Nathan McGuire

Personal information
- Full name: Nathan Jack McGuire
- Born: 25 February 2003 (age 23) Rush, County Dublin, Ireland
- Bowling: Right-arm off spin
- Role: Batsman

Domestic team information
- 2020–2023: North West Warriors
- LA debut: 7 June 2019 Ireland A v Scotland A
- T20 debut: 9 June 2019 Ireland A v Scotland A

Career statistics
| Competition | List A | Twenty20 |
| Matches | 9 | 15 |
| Runs scored | 169 | 149 |
| Batting average | 24.14 | 10.64 |
| 100s/50s | 0/1 | 0/0 |
| Top score | 53* | 34 |
| Balls bowled | 12 | 20 |
| Wickets | 0 | 0 |
| Bowling average | – | – |
| 5 wickets in innings | – | – |
| 10 wickets in match | – | – |
| Best bowling | – | – |
| Catches/stumpings | 2/– | 6/– |
- Source: Cricinfo, 4 May 2022

= Nathan McGuire =

Irish cricketer (born 2003)

Nathan McGuire (born 25 February 2003) is an Irish cricketer.
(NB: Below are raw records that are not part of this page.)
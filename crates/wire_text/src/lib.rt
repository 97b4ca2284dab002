// What the program `arbitration` prints for a message, as one text.
#![tactic(auto)]

ghost use Rattle.std.specs.Prelude.{◌≤◌, length};
ghost use Rattle.any_text.specs.Put.{Room, Put};
ghost use Rattle.wire_arbitration.specs.Arbitration.{low32};
ghost use Rattle.wire_text.specs.Printout.{number_line, flag_word, flag_line, integer, integer_line, role_lines, election_lines, status_lines, field_lines, printout};

use wire_arbitration::Raw;

// ---- lines

fn put_number_line(buf: &mut [u8], at: usize, word: &[u8], n: u64) -> usize
    requires { Room buf.old at (number_line word.now n) }
    ensures { Put buf.old at (number_line word.now n) buf.new result }
{
    let number = any_text::put_word(buf, at, word);
    let end = any_text::put_wide(buf, number, n);
    any_text::put_word(buf, end, b"\n")
}

fn put_flag(buf: &mut [u8], at: usize, present: bool) -> usize
    requires { Room buf.old at (flag_word present) }
    ensures { Put buf.old at (flag_word present) buf.new result }
{
    if present {
        return any_text::put_word(buf, at, b"present\n");
    }
    any_text::put_word(buf, at, b"absent\n")
}

fn put_flag_line(buf: &mut [u8], at: usize, word: &[u8], present: bool) -> usize
    requires { Room buf.old at (flag_line word.now present) }
    ensures { Put buf.old at (flag_line word.now present) buf.new result }
{
    let next = any_text::put_word(buf, at, word);
    put_flag(buf, next, present)
}

// The low 32 bits of a number, signed. `put_wide` puts numbers without a sign, so the sign is put before it.
fn put_integer(buf: &mut [u8], at: usize, value: u64) -> usize
    requires { Room buf.old at (integer (low32 value)) }
    ensures { Put buf.old at (integer (low32 value)) buf.new result }
{
    let bits = value & 0xFFFF_FFFF;
    if bits < 0x8000_0000 {
        return any_text::put_wide(buf, at, bits);
    }
    let next = any_text::put_word(buf, at, b"-");
    any_text::put_wide(buf, next, 0x1_0000_0000 - bits)
}

fn put_integer_line(buf: &mut [u8], at: usize, word: &[u8], value: u64) -> usize
    requires { Room buf.old at (integer_line word.now (low32 value)) }
    ensures { Put buf.old at (integer_line word.now (low32 value)) buf.new result }
{
    let number = any_text::put_word(buf, at, word);
    let end = put_integer(buf, number, value);
    any_text::put_word(buf, end, b"\n")
}

// ---- the fields

fn put_role(buf: &mut [u8], at: usize, read: Raw) -> usize
    requires { Room buf.old at (role_lines read) }
    ensures { Put buf.old at (role_lines read) buf.new result }
{
    let next = put_flag_line(buf, at, b"role ", read.role);
    put_number_line(buf, next, b"role.id ", read.id)
}

fn put_election(buf: &mut [u8], at: usize, read: Raw) -> usize
    requires { Room buf.old at (election_lines read) }
    ensures { Put buf.old at (election_lines read) buf.new result }
{
    let high = put_flag_line(buf, at, b"election_id ", read.election);
    let low = put_number_line(buf, high, b"election_id.high ", read.high);
    put_number_line(buf, low, b"election_id.low ", read.low)
}

fn put_status(buf: &mut [u8], at: usize, read: Raw) -> usize
    requires { Room buf.old at (status_lines read) }
    ensures { Put buf.old at (status_lines read) buf.new result }
{
    let next = put_flag_line(buf, at, b"status ", read.status);
    put_integer_line(buf, next, b"status.code ", read.error)
}

pub fn put_fields(buf: &mut [u8], at: usize, read: Raw) -> usize
    requires { Room buf.old at (field_lines read) }
    ensures { Put buf.old at (field_lines read) buf.new result }
{
    let role = put_number_line(buf, at, b"device_id ", read.device);
    let election = put_role(buf, role, read);
    let status = put_election(buf, election, read);
    put_status(buf, status, read)
}

// ---- the text

// The most bytes that the program reads.
pub const LONGEST: usize = 65536;

// Room for eight lines, each with its longest number.
pub const LONGEST_TEXT: usize = 207;

// A number and no error: `printout` tells it to print one line, and nothing else reads it.
const BAD_LENGTH: u32 = 8;

// Puts what the program prints for a message at the front of the buffer. Returns how many bytes that is.
pub fn printout(message: &[u8], buf: &mut [u8; LONGEST_TEXT]) -> usize
    ensures { Put buf.old 0 (printout message.now) buf.new result × (result ≤ length buf.new) }
{
    if LONGEST < message.len() {
        return any_text::put_refused_line(buf, 0, BAD_LENGTH);
    }
    match wire_arbitration::read_raw(message) {
        Ok(read) => put_fields(buf, 0, read),
        Err(fault) => any_text::put_refused_line(buf, 0, fault.number() as u32),
    }
}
In June 2019, he was added to the Ireland Wolves' squad for their series against Scotland A in Ireland. He made his List A debut for the Ireland Wolves against Scotland A on 7 June 2019. He made his Twenty20 debut for the Ireland Wolves against Scotland A on 9 June 2019.

In February 2021, McGuire was part of the intake for the Cricket Ireland Academy. In December 2021, he was named in Ireland's team for the 2022 ICC Under-19 Cricket World Cup in the West Indies.